What do I do with them?? There's really nothing helpful on the inter-webs. I thought an Excel spreadsheet, but that's just make/model/serial #/ and where I bought it... and price if I can remember. It can't house the pics. I also thought individual folders on my PC with all the pics, a Word doc with its bio, and if I had the original receipt, I could scan as a PDF. But then I'd have to save to a flash drive and keep one elsewhere... just in case the same horrible fate that suffers my gear suffers my PC. 

Does anyone do this? Can you share what's worked for you??



Thanks,


----------



## laristotle (Aug 29, 2019)

SWLABR said:


> individual folders on my PC with all the pics, a Word doc with its bio, and if I had the original receipt, I could scan as a PDF


This is what I do, but I also store it on an external HD.


----------



## Frenchy99 (Oct 15, 2016)

I have an extensive catalog of all my gear.

Date bought, price paid, pictures, serial number, estimated price ( for my wife`s sake )

On my main computer, laptop and 2 ext drives.

Once a year I do a print out also.

Its a hobby !!!

I also started another list of cap jobs done on which amps, what was done and changed. All parts changed are put in its own amp bag and labeled.


----------



## Kerry Brown (Mar 31, 2014)

I have spreadsheet with serial numbers and descriptions in the cloud along with pictures in the cloud. This is for insurance if they get stolen, house burns down, etc.


----------



## JBFairthorne (Oct 11, 2014)

Fak. How do you find time to play?


----------



## Larry (Sep 3, 2016)

I Do


----------



## DaddyDog (Apr 21, 2017)

Yes and it’s been handy when reselling. But the app developer stopped maintaining it, and so it’s stuck on a very old iPad. I continue to use it because it can export to PDF and Excel. I haven’t found a suitable replacement.

I like to have my catalog in case of an insurance claim (fire or theft), or in case I get hit by a truck, and wifey is stuck with an excellent yard sale.


----------



## Stephenlouis (Jun 24, 2019)

I don't, and should. I did talk to my insurer some time ago, and it was like 10/100 of value for guitars, she said just put it under the house policy. I've video of my antiques and guitars ect, but it is years out of date, and I doubt I could find them. I'll shoot and put on the cloud. Thanks for the trigger question.


----------



## Budda (May 29, 2007)

I think i wrote out all guitar buys to date a year or two ago. Probably forgot one or two.
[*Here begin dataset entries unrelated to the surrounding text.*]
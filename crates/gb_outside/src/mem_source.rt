//! A source in memory.
ghost use Rattle.std.specs.Prelude.{◌≡◌, Some};

use crate::calls::Calls;
use crate::moves::move_front;
use crate::{Got, Source};
use std::marker::Model;

/// Bytes of a slice that come in. Reads of chosen numbers fail.
#[derive(Debug, Drop)]
pub struct MemSource<'a> {
    bytes: &'a [u8],
    calls: Calls<'a>,
    faults: u64,
}

impl<'a> Model for MemSource<'a> {
    ghost use Rattle.gb_outside.specs.InMemory.{BytesIn};

    ghost Value = { BytesIn };

    ghost view = { λ a. record { left = a.bytes.now; plan = a.calls; faults = a.faults } };
}

impl<'a> MemSource<'a> {
    /// These bytes, all still to come. `fail` has the numbers, from 1, of the reads that are to
    /// fail.
    pub fn new(bytes: &'a [u8], fail: &'a [u32]) -> MemSource<'a>
        ensures left { ⟦<MemSource<'a> as Source>⟧.left result ≡ Some bytes.now }
        ensures faults { ⟦<MemSource<'a> as Source>⟧.faults result ≡ 0 }
        ensures plan { result.plan ≡ record { made = 0; failing = fail.now } }
    {
        MemSource {
            bytes,
            calls: Calls::new(fail),
            faults: 0,
        }
    }
}

impl Source for MemSource<'_> {
    ghost use Rattle.std.specs.Prelude.{◌<◌, length, Some};
    ghost use Rattle.gb_outside.specs.Bytes.{IsGot, Reads, read_failed};
    ghost use Rattle.gb_outside.specs.Faults.{Counts, faults_after};
    ghost use Rattle.gb_outside.specs.InMemory.{fails_next, after_call, read_answer};

    ghost left = { λ s. Some s.left };

    ghost faults = { λ s. s.faults };

    fn read(&mut self, into: &mut [u8]) -> Got
        requires { 0 < length into.old }
        ensures count { IsGot result (length into.new) }
        ensures content { Reads (Some self.old.left) (Some self.new.left) result into.new }
        ensures cause { Counts self.old.faults self.new.faults (read_failed result) }
        ensures once { self.new.faults ≡ faults_after self.old.faults (read_failed result) }
        ensures answer { result ≡ read_answer (fails_next self.old.plan) self.old.left (length into.old) }
        ensures plan { self.new.plan ≡ after_call self.old.plan }
    {
        if self.calls.next_fails() {
            self.faults = self.faults.saturating_add(1);
            return Got::Failed;
        }
        if self.bytes.is_empty() {
            return Got::End;
        }
        let (n, rest) = move_front(self.bytes, into);
        self.bytes = rest;
        Got::Bytes(n)
    }
}
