//! Where bytes come from, and where they go.
/// What a read answers.
#[derive(Clone, Copy, Debug, PartialEq, Eq)]
pub enum Got {
    /// So many bytes came, at least one.
    Bytes(usize),
    /// No more bytes come.
    End,
    /// The source failed.
    Failed,
}

/// What a write answers.
#[derive(Clone, Copy, Debug, PartialEq, Eq)]
pub enum Wrote {
    /// So many bytes of the piece were taken, from its front.
    Took(usize),
    /// The sink failed.
    Failed,
}

/// Bytes that come in.
pub trait Source {
    ghost use Rattle.std.specs.Prelude.{ℕ, ◌<◌, List, Option, length};
    ghost use Rattle.gb_outside.specs.Bytes.{IsGot, Reads, read_failed};
    ghost use Rattle.gb_outside.specs.Faults.{Counts};

    /// The bytes still to come, where the source tells them.
    ghost left: { Self → Option (List ℕ) };

    /// How often the source has failed.
    ghost faults: { Self → ℕ };

    /// Reads some of the bytes to come. A source that gives none is at its end.
    fn read(&mut self, into: &mut [u8]) -> Got
        requires { 0 < length into.old }
        ensures count { IsGot result (length into.new) }
        ensures content { Reads (left self.old) (left self.new) result into.new }
        ensures cause { Counts (faults self.old) (faults self.new) (read_failed result) };
}

/// Bytes that go out.
pub trait Sink {
    ghost use Rattle.std.specs.Prelude.{ℕ, List, Option, length};
    ghost use Rattle.gb_outside.specs.Bytes.{IsTaken, Writes, write_failed};
    ghost use Rattle.gb_outside.specs.Faults.{Counts};

    /// The bytes written so far, where the sink tells them.
    ghost written: { Self → Option (List ℕ) };

    /// How often the sink has failed.
    ghost faults: { Self → ℕ };

    /// Writes some of a piece, from its front.
    fn write(&mut self, piece: &[u8]) -> Wrote
        ensures count { IsTaken result (length piece.now) }
        ensures content { Writes (written self.old) (written self.new) result piece.now }
        ensures cause { Counts (faults self.old) (faults self.new) (write_failed result) };
}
Im not worried about what i dont own. I take pics and record serials of what I do own.

I should do that again very soon.


----------



## Swervin55 (Oct 30, 2009)

I do both photos and an excel spreadsheet, and it's really scary when you hit the AutoSum feature....


----------



## Budda (May 29, 2007)

Swervin55 said:


> I do both photos and an excel spreadsheet, and it's really scary when you hit the AutoSum feature....


Only if it shows all your losses upon resale


----------



## Swervin55 (Oct 30, 2009)

Budda said:


> Only if it shows all your losses upon resale


oh, it does that too.


----------



## Budda (May 29, 2007)

Im not that gluttenous for punishment haha


----------



## Guncho (Jun 16, 2015)

SWLABR said:


> I don't know if this is the place to post this, but the other "specific" forum pages were uhm... too specific. This is for *all* gear.
> 
> Do any of you catalogue/archive/log/record/track your gear?
> 
> ...


Save all of this to Google drive. It's free.


----------



## mawmow (Nov 14, 2017)

I have a sub-directory devoted to my guitars in my Household directory on my PC :
There is a spreadsheet of many pages about my current herd that includes some guitars specs (woods, pickups), serials, price paid (and used market estimate should I pass out !) and sub-directories for each guitar photos. I update each time one goes or a new one gets in.
I also keep a copy on an usb stored with original bills in the portable big folder of legal documents (insurances and income tax files, etc.)


----------



## Distortion (Sep 16, 2015)

I write down item and serial numbers. Keep it in my car in case I have a fire. Also have pictures of a lot of my gear.


----------



## Lincoln (Jun 2, 2008)

except for random photos, I have kept no records. Dam fine idea. I will get right on that.


----------



## Always12AM (Sep 2, 2018)

If I had a vast and valuable collection of vintage or rare items I would take some photos and record their serial as well as hide a small piece of copper tape in their cavity or neck pocket or chassis with my initials.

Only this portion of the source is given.